The media is always bragging up Michelle Obama. Her and Melania were standing side by side on the White House steps moments ago. I wonder what the media will say about Melania. With Trumps being billionaires I'll bet Melania doesn't wear as expensive an outfits as Michelle. We will see, but if I am right I will admire that. The only reason I bring this up is to have others watch for one more example of liberal hypocrisy.

The next thing to watch for is if Obama will be as gracious as all other past presidents, or will he run his big mouth about things Trump does?


----------



## ezzie77 (Mar 30, 2010)

Na na na na na na na na
Hey hey hey
Goodbye

:beer: :beer: :beer: :beer: :beer: :beer: :beer: :beer: :beer: :beer: :beer: :beer: :beer: :beer: :beer: :beer: :beer: :beer: :beer: :beer: :beer: :beer:


----------



## Habitat Hugger (Jan 19, 2005)

Plainsman, cant you give this kind of of obsessive nasty vitriolic crap up? Or a Least pull back on the hate mongering throttle? Who owns this recently all political website anyway? Wonder if one of Trumps subsidiaries brought it? Continual posts like this is exactly why I now understand what Europeans are now calling "TRUMPISH!" Sorry Bruce, I cant stand Hillary either but at the very least you could leave wives and children alone! Not that you'd learn that in Sunday School these days! 
But keep on "Moderating" Bruce! Definitely the Fox guarding the henhouse and keeping order! LOL. 
Im out of here for good! Now what website did nice thinking guys who admit they are not always right, like KenW and Dick M go to? 
Bye!!


----------



## Plainsman (Jul 30, 2003)

Hey HH I'll readily admit I am not always right. I don't like Michelle, not because of her looks, I don't like her because when her husband was elected she said it was the first time she was proud of America. I talked about how she looks because I want to watch the liberal media hypocrisy we are about to witness. You skin is kind of thin today.

I didn't mention the kids HH. The media didn't bother Clinton's daughter or Obamas daughters, but they sure went after the Bush kids.


----------



## Plainsman (Jul 30, 2003)

> leave wives and children alone!


I had to read my post over. It's more about liberal hypocrisy than the wife or kids. I didn't see any mention of kids at all.



> Plainsman, cant you give this kind of of obsessive nasty vitriolic crap up? Or a Least pull back on the hate mongering throttle?


 Sheeesh HH if you want to be angry there is nothing I can do to change your mind. Feel free to dislike both sides I do. The media is who I have very little respect for, and the politicians who sell out the people. Tell me where I am going wrong.



> The only reason I bring this up is to have others watch for one more example of liberal hypocrisy.


 My goodness HH I have never accused you of being a liberal like the guys on FishingBuddy.
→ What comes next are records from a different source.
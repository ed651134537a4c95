//! The exchange at one word.

ghost use Rattle.std.specs.Prelude.{◌≡◌, ◌≤◌, ◌↔◌, IsSome};
ghost use Rattle.call_steps.specs.declared.step.Step.TheVariants.{Ended as StepEnded};
ghost use Rattle.call_steps.specs.Ending.{EndsOnlyFor};
ghost use Rattle.barriers.specs.declared.plain_exchange.PlainExchange.TheVariants.{Load};
ghost use Rattle.barriers.specs.PlainExchanges.{asks_of, fed_of, end_of, exchanges_left};
ghost use Rattle.barriers.specs.PlainExchangeCauses.{EndsFor};
ghost use Rattle.barriers.specs.PlainExchanges.{compared as compared_by, lost as lost_by, again as again_by, front as front_of};

use crate::ends::{ExchangeEnd, TryRefusal};
use crate::front::Front;
use crate::packed::held_by;
use call_steps::{CallMachine, Machine, Step};
use heap_words::{FieldWord, same_value};

/// The word at `place` is to become `word`, if it has the value of `expected`: links to one object have
/// one value, whatever address each says.
#[derive(Clone, Copy, Debug, PartialEq, Eq)]
pub struct Swap {
    pub place: u32,
    pub expected: FieldWord,
    pub word: u64,
}

/// How often a lost exchange at one word is tried again. There are three exchanges at most.
#[derive(Clone, Copy, Debug, PartialEq, Eq)]
pub enum TriesLeft {
    Two,
    One,
    Zero,
}

/// Loads a word and exchanges it for the new one where it has the expected value. An exchange that loses
/// has found what the next one wants. At most 4 steps.
///
/// A word that holds neither a number nor a link counts as the number 0; no field holds such a word.
#[derive(Clone, Copy, Debug, PartialEq, Eq)]
pub enum PlainExchange {
    /// Loads the word.
    Load(Swap),
    /// Exchanges `wanted`, which was found there, for the new word.
    Try {
        swap: Swap,
        wanted: u64,
        tries: TriesLeft,
    },
    Ended(ExchangeEnd),
}

impl TriesLeft {
    // How many exchanges are left, with the one that these tries would follow.
    fn exchanges(self) -> u32
        ensures count { result ≡ exchanges_left self }
        ensures few { result ≤ 3 }
    {
        match self {
            TriesLeft::Two => 3,
            TriesLeft::One => 2,
            TriesLeft::Zero => 1,
        }
    }
}

impl PlainExchange {
    /// The exchange of the word at `place` for `word` where it has the value of `expected`.
    pub fn new(place: u32, expected: FieldWord, word: u64) -> PlainExchange
        ensures machine { result ≡ Load (record { place = place; expected = expected; word = word }) }

        // Whatever others do: it is done where its last step was an exchange that wanted the word that it
        // found, and that word had the expected value. A value that differs is that of the word that the last
        // step found, the load or an exchange that wanted another word, and another than the expected one. It
        // is refused only where the last step was the third exchange, which wanted the one word of the race
        // and found the other, another word that had the expected value too.
        ensures cause { EndsOnlyFor asks_of fed_of end_of
            (EndsFor (record { place = place; expected = expected; word = word })) result }
    {
        PlainExchange::Load(Swap {
            place,
            expected,
            word,
        })
    }

    /// What the exchange ended with, and `None` before its end. It answers no refusal but `Raced`.
    pub fn end(&self) -> Option<ExchangeEnd>
        ensures value { result ≡ end_of self.now }
        ensures ended { IsSome result ↔ (asks_of self.now ≡ StepEnded) }
    {
        match *self {
            PlainExchange::Load(_) | PlainExchange::Try { .. } => None,
            PlainExchange::Ended(end) => Some(end),
        }
    }

    /// What its step, where it finds this word and changes nothing, makes of the changes that its pass has
    /// seen, at a field in its original: a word that has the expected value ends nothing, and counts for
    /// nothing.
    pub(crate) fn front(&self, found: u64) -> Front
        ensures { result ≡ front_of self.now found }
    {
        match *self {
            PlainExchange::Load(swap) if !same_value(swap.expected, held_by(found)) => {
                Front::SealedOrNow
            }
            PlainExchange::Try { swap, wanted, .. }
                if found != wanted && !same_value(swap.expected, held_by(found)) => { Front::Now }
            _ => Front::Stays,
        }
    }
}

// With the loaded word at hand.
fn compared(swap: Swap, found: u64) -> PlainExchange
    ensures { result ≡ compared_by swap found }
{
    let held = held_by(found);
    if !same_value(swap.expected, held) {
        return PlainExchange::Ended(ExchangeEnd::Differs(held));
    }
    PlainExchange::Try {
        swap,
        wanted: found,
        tries: TriesLeft::Two,
    }
}

// After an exchange that wanted another word than it found.
fn lost(swap: Swap, wanted: u64, tries: TriesLeft, found: u64) -> PlainExchange
    ensures { result ≡ lost_by swap wanted tries found }
{
    let held = held_by(found);
    if !same_value(swap.expected, held) {
        return PlainExchange::Ended(ExchangeEnd::Differs(held));
    }
    again(swap, wanted, tries, found)
}

// The word found has the expected value too.
fn again(swap: Swap, loaded: u64, tries: TriesLeft, found: u64) -> PlainExchange
    ensures { result ≡ again_by swap loaded tries found }
{
    let tries = match tries {
        TriesLeft::Two => TriesLeft::One,
        TriesLeft::One => TriesLeft::Zero,
        TriesLeft::Zero => {
            let refusal = TryRefusal::Raced { loaded, found };
            return PlainExchange::Ended(ExchangeEnd::Refused(refusal));
        }
    };
    PlainExchange::Try {
        swap,
        wanted: found,
        tries,
    }
}

impl Machine for PlainExchange {
    ghost use Rattle.barriers.specs.PlainExchanges.{asks_of, fed_of, blind_of};

    ghost asks = { asks_of };

    ghost fed = { fed_of };

    ghost blind = { blind_of };

    fn ask(&self) -> Step {
        match *self {
            PlainExchange::Load(swap) => Step::Load { at: swap.place },
            PlainExchange::Try { swap, wanted, .. } => Step::Exchange {
                at: swap.place,
                want: wanted,
                put: swap.word,
            },
            PlainExchange::Ended(_) => Step::Ended,
        }
    }

    fn feed(&mut self, found: u64) {
        *self = match *self {
            PlainExchange::Load(swap) => compared(swap, found),
            PlainExchange::Try { wanted, .. } if found == wanted => {
                PlainExchange::Ended(ExchangeEnd::Done)
            }
            PlainExchange::Try {
                swap,
                wanted,
                tries,
            } => lost(swap, wanted, tries, found),
            PlainExchange::Ended(end) => PlainExchange::Ended(end),
        };
    }
}

impl CallMachine for PlainExchange {
    ghost use Rattle.barriers.specs.PlainExchanges.{left_of, none_left_of, some_left_of, falls_of};

    ghost steps_left = { left_of };

    ghost none_left = { none_left_of };

    ghost some_left = { some_left_of };

    ghost falls = { falls_of };

    fn left(&self) -> u32
        ensures bound { result ≡ left_of self.now }
        ensures few { result ≤ 4 }
    {
        match self {
            PlainExchange::Load(_) => 4,
            PlainExchange::Try { tries, .. } => tries.exchanges(),
            PlainExchange::Ended(_) => 0,
        }
    }
}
Your over reaction makes me wonder.

On a positive note did you notice how Trump never kept using the words me, me, me, I, I, I, like Obama did? It was almost all WE. My new positive leaf turned over. :laugh:


----------



## alleyyooper (Jul 6, 2007)

I am also glad Hillary lost wish the same would have happened with trump what a rich AZZ HOLE, TWO FACED PIG.

Mexico will pay for the wall! Now we are going to pay for it and pray the money is paid back Mexico, I see a tax increase for the middle class and lower ones.

We Kept Carrier Jobs in America, Ya they got a 10 million tax break, I see a tax increase for the people living in Indy and the state Indiana. they have to make up for that revenue loose some how or let roads and other services go to he**.

Just one hipicritacl thing after another.

Have you taken a look at the amount of members who are no longer posting here?
Wonder if it is because the very first thing they see is political garbage. One post after another after another.
May also be why there isn't a influx of newbees also?

Almost like listening to Rush Limbaugh on the radio. No one likes to take every step in a pile of crap either. They like to walk in the grass every so often.

****** there is a political section down below where these kind of post belong, as a moderator you should know that.

 Al


----------



## Plainsman (Jul 30, 2003)

I do know that, but things are so slow I have just been posting in the open form. Feel free to post in anything you want. I will post (political) at the beginning of some threads just in case people can't figure it out from the title.


----------



## Plainsman (Jul 30, 2003)

> at the very least you could leave wives and children alone!


 I agree. Remember how much they picked on Chelse Clinton? Oh, I forgot no one did. Remember how much they picked on Obama's kids? Oh, that's right no one did. Remember how they picked at Bushes girls? How long will it take before liberals attack Barron Trump? 




So far the internet is full of "he is autistic" "He will grow to a serial killer" taking a real low road. Sorry about the political, but we need to know who the nasty people really are. The women may open their mouth and become fair game, but a kid doesn't deserve this.


----------